__DATA__.
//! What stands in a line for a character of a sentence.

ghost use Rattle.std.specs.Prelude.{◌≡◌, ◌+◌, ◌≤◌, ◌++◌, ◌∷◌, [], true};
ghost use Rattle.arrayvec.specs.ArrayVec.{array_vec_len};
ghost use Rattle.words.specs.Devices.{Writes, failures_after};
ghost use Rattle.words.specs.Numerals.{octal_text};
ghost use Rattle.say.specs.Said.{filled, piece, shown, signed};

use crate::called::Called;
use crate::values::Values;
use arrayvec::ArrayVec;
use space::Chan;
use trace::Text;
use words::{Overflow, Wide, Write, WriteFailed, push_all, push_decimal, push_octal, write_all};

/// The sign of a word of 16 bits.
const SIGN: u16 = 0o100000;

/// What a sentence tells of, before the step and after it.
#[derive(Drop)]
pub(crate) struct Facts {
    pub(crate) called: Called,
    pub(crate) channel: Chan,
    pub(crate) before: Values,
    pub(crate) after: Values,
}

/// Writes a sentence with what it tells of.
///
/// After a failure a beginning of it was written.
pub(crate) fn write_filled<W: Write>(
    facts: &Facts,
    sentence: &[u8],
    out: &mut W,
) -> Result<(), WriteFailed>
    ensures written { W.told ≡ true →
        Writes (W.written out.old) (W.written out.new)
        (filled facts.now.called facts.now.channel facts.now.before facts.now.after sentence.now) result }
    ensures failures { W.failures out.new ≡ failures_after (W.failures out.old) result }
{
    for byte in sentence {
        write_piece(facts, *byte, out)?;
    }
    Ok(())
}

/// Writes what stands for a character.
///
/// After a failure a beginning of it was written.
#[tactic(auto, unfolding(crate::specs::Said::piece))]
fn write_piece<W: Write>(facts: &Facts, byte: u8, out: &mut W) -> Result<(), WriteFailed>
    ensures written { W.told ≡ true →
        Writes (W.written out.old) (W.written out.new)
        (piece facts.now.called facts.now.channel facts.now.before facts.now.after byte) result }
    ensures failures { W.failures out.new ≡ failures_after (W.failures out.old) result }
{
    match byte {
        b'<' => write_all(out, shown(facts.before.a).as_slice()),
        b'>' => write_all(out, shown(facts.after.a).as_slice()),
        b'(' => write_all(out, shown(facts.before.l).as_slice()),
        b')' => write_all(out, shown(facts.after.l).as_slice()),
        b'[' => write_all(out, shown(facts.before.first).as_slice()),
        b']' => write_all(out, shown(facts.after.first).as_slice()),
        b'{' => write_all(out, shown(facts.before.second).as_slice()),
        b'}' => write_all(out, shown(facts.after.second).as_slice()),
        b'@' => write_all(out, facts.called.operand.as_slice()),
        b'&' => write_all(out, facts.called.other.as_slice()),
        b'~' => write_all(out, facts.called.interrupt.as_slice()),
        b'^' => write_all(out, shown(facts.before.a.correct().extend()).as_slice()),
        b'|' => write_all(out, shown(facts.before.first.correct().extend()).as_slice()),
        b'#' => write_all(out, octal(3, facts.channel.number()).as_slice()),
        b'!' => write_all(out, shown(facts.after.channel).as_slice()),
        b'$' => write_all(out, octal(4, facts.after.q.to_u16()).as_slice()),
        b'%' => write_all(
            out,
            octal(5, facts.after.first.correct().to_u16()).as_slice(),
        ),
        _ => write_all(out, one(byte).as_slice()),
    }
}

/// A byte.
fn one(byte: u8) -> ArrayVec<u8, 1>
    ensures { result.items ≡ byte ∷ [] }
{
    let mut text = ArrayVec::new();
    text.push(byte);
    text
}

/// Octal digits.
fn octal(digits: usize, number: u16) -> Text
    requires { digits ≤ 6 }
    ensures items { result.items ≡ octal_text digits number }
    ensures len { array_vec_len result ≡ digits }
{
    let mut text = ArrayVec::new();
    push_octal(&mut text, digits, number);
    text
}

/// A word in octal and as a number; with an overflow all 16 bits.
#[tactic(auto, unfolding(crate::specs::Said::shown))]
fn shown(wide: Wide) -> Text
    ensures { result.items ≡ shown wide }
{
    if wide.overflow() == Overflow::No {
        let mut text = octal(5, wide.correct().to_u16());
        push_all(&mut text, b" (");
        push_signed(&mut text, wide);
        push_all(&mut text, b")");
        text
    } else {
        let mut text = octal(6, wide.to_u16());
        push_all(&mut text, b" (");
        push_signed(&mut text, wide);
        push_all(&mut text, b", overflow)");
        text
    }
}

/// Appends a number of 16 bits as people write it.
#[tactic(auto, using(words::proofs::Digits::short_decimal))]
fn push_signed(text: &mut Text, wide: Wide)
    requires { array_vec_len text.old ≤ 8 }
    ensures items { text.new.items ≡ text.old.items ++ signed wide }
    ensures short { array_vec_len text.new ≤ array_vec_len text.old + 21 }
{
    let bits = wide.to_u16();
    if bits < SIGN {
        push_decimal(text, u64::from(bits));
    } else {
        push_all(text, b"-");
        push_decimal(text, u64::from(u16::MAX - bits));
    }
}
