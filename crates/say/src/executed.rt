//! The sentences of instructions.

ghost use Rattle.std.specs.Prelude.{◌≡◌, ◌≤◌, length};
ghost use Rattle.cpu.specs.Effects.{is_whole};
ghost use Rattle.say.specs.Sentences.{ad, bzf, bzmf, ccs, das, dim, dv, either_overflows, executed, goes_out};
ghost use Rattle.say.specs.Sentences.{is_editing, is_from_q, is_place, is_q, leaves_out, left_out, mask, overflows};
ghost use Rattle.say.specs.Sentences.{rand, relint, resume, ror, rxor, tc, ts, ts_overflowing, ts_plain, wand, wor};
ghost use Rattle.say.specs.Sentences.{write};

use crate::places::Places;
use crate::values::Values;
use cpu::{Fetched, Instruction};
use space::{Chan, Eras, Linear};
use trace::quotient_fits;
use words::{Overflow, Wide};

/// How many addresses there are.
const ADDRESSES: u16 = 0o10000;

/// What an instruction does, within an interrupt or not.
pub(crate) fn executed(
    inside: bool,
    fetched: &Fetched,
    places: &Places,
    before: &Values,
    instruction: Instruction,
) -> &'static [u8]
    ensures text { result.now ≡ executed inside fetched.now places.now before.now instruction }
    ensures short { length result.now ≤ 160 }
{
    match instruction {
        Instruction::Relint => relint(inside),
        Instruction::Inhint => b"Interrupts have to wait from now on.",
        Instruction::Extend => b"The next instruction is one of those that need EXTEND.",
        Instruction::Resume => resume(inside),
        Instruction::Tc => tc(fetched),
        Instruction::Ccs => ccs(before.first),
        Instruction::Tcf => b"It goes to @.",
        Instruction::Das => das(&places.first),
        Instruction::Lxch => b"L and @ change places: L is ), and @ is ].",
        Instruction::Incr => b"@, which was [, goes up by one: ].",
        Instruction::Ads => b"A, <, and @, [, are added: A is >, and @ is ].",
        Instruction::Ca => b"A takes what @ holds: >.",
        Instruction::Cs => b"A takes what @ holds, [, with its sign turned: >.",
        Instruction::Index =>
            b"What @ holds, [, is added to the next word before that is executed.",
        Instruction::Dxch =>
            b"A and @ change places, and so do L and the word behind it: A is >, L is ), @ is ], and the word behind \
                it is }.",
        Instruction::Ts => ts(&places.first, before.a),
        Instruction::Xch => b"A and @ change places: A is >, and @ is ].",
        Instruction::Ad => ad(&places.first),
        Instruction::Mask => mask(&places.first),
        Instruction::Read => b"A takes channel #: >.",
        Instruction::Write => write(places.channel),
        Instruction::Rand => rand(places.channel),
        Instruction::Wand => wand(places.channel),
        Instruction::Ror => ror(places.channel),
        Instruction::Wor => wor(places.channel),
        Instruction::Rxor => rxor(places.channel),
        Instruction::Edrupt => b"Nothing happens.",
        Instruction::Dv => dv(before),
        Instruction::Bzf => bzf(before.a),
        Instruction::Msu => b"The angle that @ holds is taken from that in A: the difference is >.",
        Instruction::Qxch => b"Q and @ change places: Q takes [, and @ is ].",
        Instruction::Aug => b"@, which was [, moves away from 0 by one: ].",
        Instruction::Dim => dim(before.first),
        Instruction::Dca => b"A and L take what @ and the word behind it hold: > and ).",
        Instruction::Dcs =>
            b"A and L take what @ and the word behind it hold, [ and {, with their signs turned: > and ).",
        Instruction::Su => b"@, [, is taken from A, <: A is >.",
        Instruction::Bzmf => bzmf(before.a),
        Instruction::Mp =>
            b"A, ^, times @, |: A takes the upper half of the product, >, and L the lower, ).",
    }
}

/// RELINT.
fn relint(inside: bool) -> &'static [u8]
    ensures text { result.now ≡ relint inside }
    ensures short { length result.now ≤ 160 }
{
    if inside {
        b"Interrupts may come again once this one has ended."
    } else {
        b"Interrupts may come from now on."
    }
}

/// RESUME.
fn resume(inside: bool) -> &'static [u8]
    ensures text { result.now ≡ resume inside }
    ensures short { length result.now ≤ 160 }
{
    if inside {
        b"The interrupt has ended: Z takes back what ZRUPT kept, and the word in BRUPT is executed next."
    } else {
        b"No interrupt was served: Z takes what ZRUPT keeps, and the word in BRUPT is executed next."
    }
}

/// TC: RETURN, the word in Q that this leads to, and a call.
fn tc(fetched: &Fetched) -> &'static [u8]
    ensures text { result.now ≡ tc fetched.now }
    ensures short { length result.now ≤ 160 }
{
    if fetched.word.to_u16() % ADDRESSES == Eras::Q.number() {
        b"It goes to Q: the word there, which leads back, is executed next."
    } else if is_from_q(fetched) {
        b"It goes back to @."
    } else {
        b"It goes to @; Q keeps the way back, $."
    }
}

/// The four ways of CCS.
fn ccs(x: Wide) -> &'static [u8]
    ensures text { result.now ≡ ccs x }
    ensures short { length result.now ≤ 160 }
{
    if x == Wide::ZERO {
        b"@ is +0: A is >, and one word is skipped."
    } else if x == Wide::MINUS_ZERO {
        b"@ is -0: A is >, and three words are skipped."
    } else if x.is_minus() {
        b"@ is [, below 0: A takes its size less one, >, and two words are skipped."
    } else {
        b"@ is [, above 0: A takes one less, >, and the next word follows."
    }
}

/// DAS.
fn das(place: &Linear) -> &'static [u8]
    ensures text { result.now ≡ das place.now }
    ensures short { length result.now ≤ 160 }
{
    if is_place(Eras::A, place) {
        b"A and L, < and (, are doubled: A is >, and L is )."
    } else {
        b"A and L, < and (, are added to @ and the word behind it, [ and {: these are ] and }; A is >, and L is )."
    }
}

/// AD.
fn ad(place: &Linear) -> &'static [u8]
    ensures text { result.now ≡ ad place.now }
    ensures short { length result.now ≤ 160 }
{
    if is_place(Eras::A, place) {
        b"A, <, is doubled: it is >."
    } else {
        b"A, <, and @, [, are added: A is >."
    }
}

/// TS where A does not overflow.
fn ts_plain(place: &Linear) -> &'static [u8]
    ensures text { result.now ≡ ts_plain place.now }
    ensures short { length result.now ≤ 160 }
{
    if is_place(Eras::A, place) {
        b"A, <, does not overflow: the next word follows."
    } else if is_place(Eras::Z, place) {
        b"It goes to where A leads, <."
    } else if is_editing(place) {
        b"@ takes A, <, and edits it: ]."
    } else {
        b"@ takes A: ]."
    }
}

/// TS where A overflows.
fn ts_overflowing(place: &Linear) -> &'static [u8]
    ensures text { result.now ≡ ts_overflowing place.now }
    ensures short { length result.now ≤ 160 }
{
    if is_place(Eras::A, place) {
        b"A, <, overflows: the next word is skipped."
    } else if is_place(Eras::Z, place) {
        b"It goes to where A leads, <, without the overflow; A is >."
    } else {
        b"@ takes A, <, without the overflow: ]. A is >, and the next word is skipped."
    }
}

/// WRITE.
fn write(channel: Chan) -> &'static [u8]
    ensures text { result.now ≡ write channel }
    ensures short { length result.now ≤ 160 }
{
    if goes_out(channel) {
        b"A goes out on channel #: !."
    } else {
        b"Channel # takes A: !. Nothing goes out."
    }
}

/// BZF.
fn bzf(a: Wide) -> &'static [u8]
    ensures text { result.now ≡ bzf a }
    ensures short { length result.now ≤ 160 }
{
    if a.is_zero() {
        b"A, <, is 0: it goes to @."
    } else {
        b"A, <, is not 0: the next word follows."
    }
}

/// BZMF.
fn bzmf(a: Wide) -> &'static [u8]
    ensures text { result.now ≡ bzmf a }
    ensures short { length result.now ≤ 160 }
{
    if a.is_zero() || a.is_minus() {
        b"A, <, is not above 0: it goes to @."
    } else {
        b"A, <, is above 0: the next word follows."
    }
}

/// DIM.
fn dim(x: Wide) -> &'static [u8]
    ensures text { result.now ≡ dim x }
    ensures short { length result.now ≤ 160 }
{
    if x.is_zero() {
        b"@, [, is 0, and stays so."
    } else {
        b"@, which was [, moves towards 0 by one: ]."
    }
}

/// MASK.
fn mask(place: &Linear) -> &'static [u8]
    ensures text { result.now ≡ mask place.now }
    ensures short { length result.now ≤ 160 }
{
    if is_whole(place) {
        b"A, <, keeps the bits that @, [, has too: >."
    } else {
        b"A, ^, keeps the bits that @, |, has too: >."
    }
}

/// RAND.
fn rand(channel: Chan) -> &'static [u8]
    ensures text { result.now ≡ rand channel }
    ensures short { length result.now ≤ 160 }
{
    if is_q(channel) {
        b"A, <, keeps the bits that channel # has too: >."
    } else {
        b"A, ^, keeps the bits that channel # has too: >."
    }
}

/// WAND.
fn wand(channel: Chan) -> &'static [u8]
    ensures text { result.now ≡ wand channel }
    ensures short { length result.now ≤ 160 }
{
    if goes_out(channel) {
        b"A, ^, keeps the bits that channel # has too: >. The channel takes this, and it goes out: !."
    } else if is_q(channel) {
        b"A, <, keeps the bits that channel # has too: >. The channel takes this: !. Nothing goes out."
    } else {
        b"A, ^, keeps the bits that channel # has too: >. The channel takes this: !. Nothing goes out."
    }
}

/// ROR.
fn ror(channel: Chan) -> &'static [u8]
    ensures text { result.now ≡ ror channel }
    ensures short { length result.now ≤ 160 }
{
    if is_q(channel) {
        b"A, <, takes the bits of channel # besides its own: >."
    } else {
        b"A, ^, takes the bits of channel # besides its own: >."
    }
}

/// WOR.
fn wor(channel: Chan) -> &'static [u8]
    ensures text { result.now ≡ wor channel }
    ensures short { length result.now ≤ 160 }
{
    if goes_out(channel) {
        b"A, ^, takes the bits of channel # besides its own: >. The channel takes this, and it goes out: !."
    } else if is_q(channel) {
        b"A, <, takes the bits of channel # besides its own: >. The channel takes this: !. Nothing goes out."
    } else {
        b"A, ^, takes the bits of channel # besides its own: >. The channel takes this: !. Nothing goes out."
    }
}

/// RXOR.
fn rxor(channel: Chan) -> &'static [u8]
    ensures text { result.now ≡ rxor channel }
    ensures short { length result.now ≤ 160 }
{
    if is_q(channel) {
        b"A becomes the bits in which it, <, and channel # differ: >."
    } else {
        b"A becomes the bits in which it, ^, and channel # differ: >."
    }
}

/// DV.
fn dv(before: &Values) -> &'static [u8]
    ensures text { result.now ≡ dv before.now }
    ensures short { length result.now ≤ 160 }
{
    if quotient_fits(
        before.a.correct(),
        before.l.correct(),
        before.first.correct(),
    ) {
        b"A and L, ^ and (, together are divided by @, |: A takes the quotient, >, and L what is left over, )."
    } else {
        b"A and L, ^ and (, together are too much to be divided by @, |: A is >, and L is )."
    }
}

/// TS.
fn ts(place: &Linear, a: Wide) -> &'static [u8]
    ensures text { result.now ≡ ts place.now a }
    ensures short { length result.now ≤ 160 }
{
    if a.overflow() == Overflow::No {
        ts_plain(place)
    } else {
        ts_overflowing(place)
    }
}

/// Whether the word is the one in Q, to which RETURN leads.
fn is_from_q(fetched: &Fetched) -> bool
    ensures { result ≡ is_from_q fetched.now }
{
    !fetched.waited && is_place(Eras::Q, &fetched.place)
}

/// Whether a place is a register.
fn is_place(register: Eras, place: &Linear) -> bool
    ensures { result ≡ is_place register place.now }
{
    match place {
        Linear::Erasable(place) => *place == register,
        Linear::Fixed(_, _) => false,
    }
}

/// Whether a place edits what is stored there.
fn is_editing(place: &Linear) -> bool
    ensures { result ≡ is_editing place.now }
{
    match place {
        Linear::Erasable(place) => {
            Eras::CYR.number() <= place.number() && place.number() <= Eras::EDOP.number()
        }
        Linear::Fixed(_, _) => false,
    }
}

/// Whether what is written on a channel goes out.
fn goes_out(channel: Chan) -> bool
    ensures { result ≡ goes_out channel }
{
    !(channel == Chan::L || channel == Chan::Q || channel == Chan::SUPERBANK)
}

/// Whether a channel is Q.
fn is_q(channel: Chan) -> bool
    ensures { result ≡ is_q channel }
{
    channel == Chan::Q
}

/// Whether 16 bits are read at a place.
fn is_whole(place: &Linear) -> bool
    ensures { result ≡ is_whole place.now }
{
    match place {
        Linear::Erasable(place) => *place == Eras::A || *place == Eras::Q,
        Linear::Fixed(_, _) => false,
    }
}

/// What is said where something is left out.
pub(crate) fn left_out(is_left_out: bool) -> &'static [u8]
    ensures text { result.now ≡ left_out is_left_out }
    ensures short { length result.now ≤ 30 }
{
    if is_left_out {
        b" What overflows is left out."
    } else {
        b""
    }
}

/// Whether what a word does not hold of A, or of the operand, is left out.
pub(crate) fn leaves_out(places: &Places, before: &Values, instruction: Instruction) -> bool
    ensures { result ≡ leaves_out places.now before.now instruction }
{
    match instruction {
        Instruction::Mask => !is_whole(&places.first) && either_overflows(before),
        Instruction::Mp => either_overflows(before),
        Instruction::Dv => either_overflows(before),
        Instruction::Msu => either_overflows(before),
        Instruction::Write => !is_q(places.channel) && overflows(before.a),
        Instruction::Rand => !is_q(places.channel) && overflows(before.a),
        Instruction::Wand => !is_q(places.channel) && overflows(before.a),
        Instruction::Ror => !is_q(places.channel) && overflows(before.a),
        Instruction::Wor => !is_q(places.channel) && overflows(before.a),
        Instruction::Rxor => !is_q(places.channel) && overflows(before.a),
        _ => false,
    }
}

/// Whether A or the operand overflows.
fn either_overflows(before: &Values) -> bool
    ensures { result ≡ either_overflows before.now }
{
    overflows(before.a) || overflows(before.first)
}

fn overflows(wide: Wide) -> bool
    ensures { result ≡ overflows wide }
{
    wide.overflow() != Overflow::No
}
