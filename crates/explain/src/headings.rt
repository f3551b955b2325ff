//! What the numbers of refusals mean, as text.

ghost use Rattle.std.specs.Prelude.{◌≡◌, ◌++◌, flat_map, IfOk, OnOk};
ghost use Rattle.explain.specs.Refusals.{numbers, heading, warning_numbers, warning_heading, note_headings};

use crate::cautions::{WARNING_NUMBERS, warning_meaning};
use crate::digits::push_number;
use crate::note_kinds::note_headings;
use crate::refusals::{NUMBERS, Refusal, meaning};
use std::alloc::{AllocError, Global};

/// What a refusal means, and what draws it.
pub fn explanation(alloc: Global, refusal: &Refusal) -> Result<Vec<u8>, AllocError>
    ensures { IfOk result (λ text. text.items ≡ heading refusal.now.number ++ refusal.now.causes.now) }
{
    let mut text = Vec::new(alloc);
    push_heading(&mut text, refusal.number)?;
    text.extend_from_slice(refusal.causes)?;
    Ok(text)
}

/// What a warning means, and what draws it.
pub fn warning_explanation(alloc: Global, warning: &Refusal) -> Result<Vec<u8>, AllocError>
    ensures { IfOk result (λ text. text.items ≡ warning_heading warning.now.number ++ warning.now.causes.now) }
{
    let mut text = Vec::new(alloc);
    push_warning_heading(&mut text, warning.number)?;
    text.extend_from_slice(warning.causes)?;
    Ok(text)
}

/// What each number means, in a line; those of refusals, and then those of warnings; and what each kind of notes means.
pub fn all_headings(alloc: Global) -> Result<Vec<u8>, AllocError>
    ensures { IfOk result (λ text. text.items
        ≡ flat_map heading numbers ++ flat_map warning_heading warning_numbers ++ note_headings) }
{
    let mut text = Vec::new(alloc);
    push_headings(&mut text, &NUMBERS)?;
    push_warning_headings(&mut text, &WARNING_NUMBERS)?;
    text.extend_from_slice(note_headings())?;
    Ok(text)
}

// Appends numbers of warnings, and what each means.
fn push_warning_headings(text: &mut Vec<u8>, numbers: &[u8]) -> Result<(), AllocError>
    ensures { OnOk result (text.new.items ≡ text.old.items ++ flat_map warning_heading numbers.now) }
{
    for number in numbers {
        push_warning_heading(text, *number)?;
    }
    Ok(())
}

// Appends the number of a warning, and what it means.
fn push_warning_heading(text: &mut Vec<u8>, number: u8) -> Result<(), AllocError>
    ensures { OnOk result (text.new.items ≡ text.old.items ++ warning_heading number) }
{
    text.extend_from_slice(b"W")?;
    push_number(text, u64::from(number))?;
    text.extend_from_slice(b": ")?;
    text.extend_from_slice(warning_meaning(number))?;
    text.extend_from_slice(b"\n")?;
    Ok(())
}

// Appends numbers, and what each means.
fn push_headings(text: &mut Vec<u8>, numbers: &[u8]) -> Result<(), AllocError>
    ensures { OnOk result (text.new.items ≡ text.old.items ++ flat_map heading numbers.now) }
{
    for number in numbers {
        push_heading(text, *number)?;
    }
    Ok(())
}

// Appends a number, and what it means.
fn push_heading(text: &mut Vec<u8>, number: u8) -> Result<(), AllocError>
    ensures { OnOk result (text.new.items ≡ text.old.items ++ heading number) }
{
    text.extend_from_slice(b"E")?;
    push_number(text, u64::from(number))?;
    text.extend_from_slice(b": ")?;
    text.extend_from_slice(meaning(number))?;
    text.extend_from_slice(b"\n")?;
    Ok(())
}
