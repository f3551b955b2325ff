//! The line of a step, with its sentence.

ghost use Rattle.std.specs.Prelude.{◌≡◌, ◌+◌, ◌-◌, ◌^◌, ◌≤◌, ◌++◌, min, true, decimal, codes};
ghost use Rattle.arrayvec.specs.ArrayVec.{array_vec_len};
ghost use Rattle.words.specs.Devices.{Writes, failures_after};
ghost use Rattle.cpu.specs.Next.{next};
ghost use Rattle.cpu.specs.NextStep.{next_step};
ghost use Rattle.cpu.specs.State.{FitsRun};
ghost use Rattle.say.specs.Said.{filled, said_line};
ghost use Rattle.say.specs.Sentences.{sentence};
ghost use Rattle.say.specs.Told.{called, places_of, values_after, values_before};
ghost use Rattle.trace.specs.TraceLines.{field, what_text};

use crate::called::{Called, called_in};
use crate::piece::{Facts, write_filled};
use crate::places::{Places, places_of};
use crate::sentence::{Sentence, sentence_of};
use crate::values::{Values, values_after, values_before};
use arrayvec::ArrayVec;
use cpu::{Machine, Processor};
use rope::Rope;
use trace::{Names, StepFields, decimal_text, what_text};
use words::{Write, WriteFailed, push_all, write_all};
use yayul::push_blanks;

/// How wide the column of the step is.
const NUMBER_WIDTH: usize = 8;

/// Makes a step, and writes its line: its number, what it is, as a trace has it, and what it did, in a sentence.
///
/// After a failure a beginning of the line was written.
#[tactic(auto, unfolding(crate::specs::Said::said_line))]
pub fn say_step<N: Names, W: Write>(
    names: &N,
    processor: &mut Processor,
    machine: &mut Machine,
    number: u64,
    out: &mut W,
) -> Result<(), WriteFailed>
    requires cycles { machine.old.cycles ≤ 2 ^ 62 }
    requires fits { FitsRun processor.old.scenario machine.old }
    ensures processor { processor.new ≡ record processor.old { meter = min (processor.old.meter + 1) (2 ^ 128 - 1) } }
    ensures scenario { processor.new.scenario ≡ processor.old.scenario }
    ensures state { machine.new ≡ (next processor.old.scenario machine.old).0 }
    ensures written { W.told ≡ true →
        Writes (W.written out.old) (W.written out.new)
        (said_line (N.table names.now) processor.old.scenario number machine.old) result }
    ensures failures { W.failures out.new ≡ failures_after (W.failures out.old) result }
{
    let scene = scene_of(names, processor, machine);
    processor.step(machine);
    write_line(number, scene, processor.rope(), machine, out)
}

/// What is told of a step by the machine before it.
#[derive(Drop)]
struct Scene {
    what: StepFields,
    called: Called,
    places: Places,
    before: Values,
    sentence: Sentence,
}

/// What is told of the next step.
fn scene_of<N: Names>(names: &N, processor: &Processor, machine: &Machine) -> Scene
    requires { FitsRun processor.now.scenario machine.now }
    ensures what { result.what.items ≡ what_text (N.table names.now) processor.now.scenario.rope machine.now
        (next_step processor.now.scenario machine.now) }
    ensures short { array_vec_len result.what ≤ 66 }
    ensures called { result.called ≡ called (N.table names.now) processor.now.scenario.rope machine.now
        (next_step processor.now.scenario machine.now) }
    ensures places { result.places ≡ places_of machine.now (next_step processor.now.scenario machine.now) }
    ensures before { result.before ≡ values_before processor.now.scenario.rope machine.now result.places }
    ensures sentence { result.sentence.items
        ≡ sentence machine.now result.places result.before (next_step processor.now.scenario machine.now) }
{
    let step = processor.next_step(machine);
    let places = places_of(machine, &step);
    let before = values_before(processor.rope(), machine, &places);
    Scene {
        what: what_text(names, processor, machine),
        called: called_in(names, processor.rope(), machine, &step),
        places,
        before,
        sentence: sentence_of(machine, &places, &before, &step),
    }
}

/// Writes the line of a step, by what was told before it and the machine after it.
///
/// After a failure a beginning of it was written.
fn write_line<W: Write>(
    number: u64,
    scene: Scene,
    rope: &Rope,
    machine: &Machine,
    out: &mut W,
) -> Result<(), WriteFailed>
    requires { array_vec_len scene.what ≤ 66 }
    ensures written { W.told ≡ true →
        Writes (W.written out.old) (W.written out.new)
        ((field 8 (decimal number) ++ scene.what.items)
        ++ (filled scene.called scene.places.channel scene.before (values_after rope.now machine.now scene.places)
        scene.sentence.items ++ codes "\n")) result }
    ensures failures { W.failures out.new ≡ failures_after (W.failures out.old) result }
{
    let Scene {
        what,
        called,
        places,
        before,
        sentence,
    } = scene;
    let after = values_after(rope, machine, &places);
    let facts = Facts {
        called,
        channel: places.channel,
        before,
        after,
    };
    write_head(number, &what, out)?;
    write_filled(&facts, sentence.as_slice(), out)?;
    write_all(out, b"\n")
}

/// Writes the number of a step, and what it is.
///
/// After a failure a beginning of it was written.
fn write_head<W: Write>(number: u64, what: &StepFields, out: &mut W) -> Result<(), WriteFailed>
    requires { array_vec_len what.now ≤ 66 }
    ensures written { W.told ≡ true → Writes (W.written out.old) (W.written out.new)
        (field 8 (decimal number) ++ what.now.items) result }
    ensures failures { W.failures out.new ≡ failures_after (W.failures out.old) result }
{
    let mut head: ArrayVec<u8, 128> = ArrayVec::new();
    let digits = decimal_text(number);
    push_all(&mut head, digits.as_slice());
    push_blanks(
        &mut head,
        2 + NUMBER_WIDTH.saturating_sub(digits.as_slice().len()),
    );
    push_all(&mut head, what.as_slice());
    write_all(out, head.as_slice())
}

__THE TASK__. Wherever the word "this" occurs in a line of the listing, copy that line.

__SOLUTION TO THE PROBLEM__.
        b"Interrupts may come again once this one has ended."
/// TC: RETURN, the word in Q that this leads to, and a call.
        b"A, ^, keeps the bits that channel # has too: >. The channel takes this, and it goes out: !."
        b"A, <, keeps the bits that channel # has too: >. The channel takes this: !. Nothing goes out."
        b"A, ^, keeps the bits that channel # has too: >. The channel takes this: !. Nothing goes out."
        b"A, ^, takes the bits of channel # besides its own: >. The channel takes this, and it goes out: !."
        b"A, <, takes the bits of channel # besides its own: >. The channel takes this: !. Nothing goes out."
        b"A, ^, takes the bits of channel # besides its own: >. The channel takes this: !. Nothing goes out."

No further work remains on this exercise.